* Exercise goal
Repeat all of the data precisely.
################
//! The walk from an entry to all modules that it reaches.

ghost use Rattle.std.specs.Prelude.{◌≡◌, ℕ, ◌<◌, ◌≤◌, ◌+◌, ◌++◌, ◌∷◌, [], Some, None, List, length, map};
ghost use Rattle.std.specs.Prelude.{slice_get, slice_set, IfOk, IfErr, OnOk, IfSome};
ghost use Rattle.std.specs.List.{All, Contains};
ghost use Rattle.std.specs.Vec.{vec_len};
ghost use Rattle.elm_files.specs.Answers.{NoneFull};
ghost use Rattle.import_graph.specs.Places.{HasCause};
ghost use Rattle.project_file.specs.View.{directories_of};
ghost use Rattle.import_graph.specs.Entry.{IsEntry, HasEntry, HasNoEntry};
ghost use Rattle.import_graph.specs.Modules.{Word, Source, Imports, AreReached, AreTooMany, kind_of};
ghost use Rattle.import_graph.specs.Plain.{IsPlain, IsPlainImport, names_of};
ghost use Rattle.import_graph.specs.ModuleWalkView.{setting, located_view, import_view, source_view, module_view, HasReason};
ghost use Rattle.import_graph.specs.Walk.{known_at, modules_of, walk_sources, added, IsWalk, IsWalked, Grows, IsReadAt};
ghost use Rattle.import_graph.specs.Walk.{IsPlainWalk, Meets};
ghost use Rattle.import_graph.specs.Words.{word_view};
ghost use Rattle.import_graph.specs.ModuleWalkView.{with_imports};
ghost use Rattle.import_graph.specs.declared.walk.Module.{Module as PlainModule};

use crate::entry::entry_module;
use crate::found::{Found, Located, locate};
use crate::known::Known;
use crate::places::ReadError;
use crate::reader::{Reader, Written};
use elm_base::position::Pos;
use elm_base::text::Text;
use elm_files::Files;
use indexmap::IndexSet;
use project_file::project::Project;
use std::alloc::{AllocError, AllocFailed, Global};

/// The most modules that a project may have.
const MAX_MODULES: usize = 4096;

/// An import of a module.
#[derive(Debug, Drop)]
pub struct Import {
    /// The name of the module that is imported, with its dots.
    pub name: Text,
    /// Where the name begins.
    pub place: Pos,
    /// Which modules have the name.
    pub found: Found,
}

/// A module of a project.
#[derive(Debug, Drop)]
pub struct Module {
    /// Its name, with its dots.
    pub name: Text,
    /// The path of its file below the folder of the project's file.
    pub path: String,
    /// The bytes of its file, unless there are more than 4,194,304 of them.
    pub text: Option<Vec<u8>>,
    /// What it imports, in written order.
    pub imports: Vec<Import>,
}

/// Why modules are not told.
#[derive(Debug, Drop)]
pub enum ReachError {
    /// The entry is not a module of the project.
    NoEntry,
    /// The entry reaches more than 4,096 modules.
    TooMany,
    /// A call on the file of this path failed.
    File(Text),
    /// Memory ran out.
    NoMemory,
}

impl From<ReadError> for ReachError {
    ghost use Rattle.std.specs.Prelude.{◌≡◌};
    ghost use Rattle.import_graph.specs.ModuleWalkView.{read_reason};

    ghost from_gives = { λ error e. e ≡ read_reason error };

    fn from(error: ReadError) -> ReachError {
        match error {
            ReadError::File(path) => ReachError::File(path),
            ReadError::NoMemory => ReachError::NoMemory,
        }
    }
}

impl<T: Drop> From<AllocFailed<T>> for ReachError {
    ghost use Rattle.std.specs.Prelude.{◌≡◌};
    ghost use Rattle.import_graph.specs.declared.walk.ReachError.TheVariants.{NoMemory};

    ghost from_gives = { λ _ e. e ≡ NoMemory };

    fn from(_failed: AllocFailed<T>) -> ReachError {
        ReachError::NoMemory
    }
}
################
* Written solution
//! The walk from an entry to all modules that it reaches.

ghost use Rattle.std.specs.Prelude.{◌≡◌, ℕ, ◌<◌, ◌≤◌, ◌+◌, ◌++◌, ◌∷◌, [], Some, None, List, length, map};
ghost use Rattle.std.specs.Prelude.{slice_get, slice_set, IfOk, IfErr, OnOk, IfSome};
ghost use Rattle.std.specs.List.{All, Contains};
ghost use Rattle.std.specs.Vec.{vec_len};
ghost use Rattle.elm_files.specs.Answers.{NoneFull};
ghost use Rattle.import_graph.specs.Places.{HasCause};
ghost use Rattle.project_file.specs.View.{directories_of};
ghost use Rattle.import_graph.specs.Entry.{IsEntry, HasEntry, HasNoEntry};
ghost use Rattle.import_graph.specs.Modules.{Word, Source, Imports, AreReached, AreTooMany, kind_of};
ghost use Rattle.import_graph.specs.Plain.{IsPlain, IsPlainImport, names_of};
ghost use Rattle.import_graph.specs.ModuleWalkView.{setting, located_view, import_view, source_view, module_view, HasReason};
ghost use Rattle.import_graph.specs.Walk.{known_at, modules_of, walk_sources, added, IsWalk, IsWalked, Grows, IsReadAt};
ghost use Rattle.import_graph.specs.Walk.{IsPlainWalk, Meets};
ghost use Rattle.import_graph.specs.Words.{word_view};
ghost use Rattle.import_graph.specs.ModuleWalkView.{with_imports};
ghost use Rattle.import_graph.specs.declared.walk.Module.{Module as PlainModule};

use crate::entry::entry_module;
use crate::found::{Found, Located, locate};
use crate::known::Known;
use crate::places::ReadError;
use crate::reader::{Reader, Written};
use elm_base::position::Pos;
use elm_base::text::Text;
use elm_files::Files;
use indexmap::IndexSet;
use project_file::project::Project;
use std::alloc::{AllocError, AllocFailed, Global};

/// The most modules that a project may have.
const MAX_MODULES: usize = 4096;

/// An import of a module.
#[derive(Debug, Drop)]
pub struct Import {
    /// The name of the module that is imported, with its dots.
    pub name: Text,
    /// Where the name begins.
    pub place: Pos,
    /// Which modules have the name.
    pub found: Found,
}

/// A module of a project.
#[derive(Debug, Drop)]
pub struct Module {
    /// Its name, with its dots.
    pub name: Text,
    /// The path of its file below the folder of the project's file.
    pub path: String,
    /// The bytes of its file, unless there are more than 4,194,304 of them.
    pub text: Option<Vec<u8>>,
    /// What it imports, in written order.
    pub imports: Vec<Import>,
}

/// Why modules are not told.
#[derive(Debug, Drop)]
pub enum ReachError {
    /// The entry is not a module of the project.
    NoEntry,
    /// The entry reaches more than 4,096 modules.
    TooMany,
    /// A call on the file of this path failed.
    File(Text),
    /// Memory ran out.
    NoMemory,
}

impl From<ReadError> for ReachError {
    ghost use Rattle.std.specs.Prelude.{◌≡◌};
    ghost use Rattle.import_graph.specs.ModuleWalkView.{read_reason};

    ghost from_gives = { λ error e. e ≡ read_reason error };

    fn from(error: ReadError) -> ReachError {
        match error {
            ReadError::File(path) => ReachError::File(path),
            ReadError::NoMemory => ReachError::NoMemory,
        }
    }
}

impl<T: Drop> From<AllocFailed<T>> for ReachError {
    ghost use Rattle.std.specs.Prelude.{◌≡◌};
    ghost use Rattle.import_graph.specs.declared.walk.ReachError.TheVariants.{NoMemory};

    ghost from_gives = { λ _ e. e ≡ NoMemory };

    fn from(_failed: AllocFailed<T>) -> ReachError {
        ReachError::NoMemory
    }
}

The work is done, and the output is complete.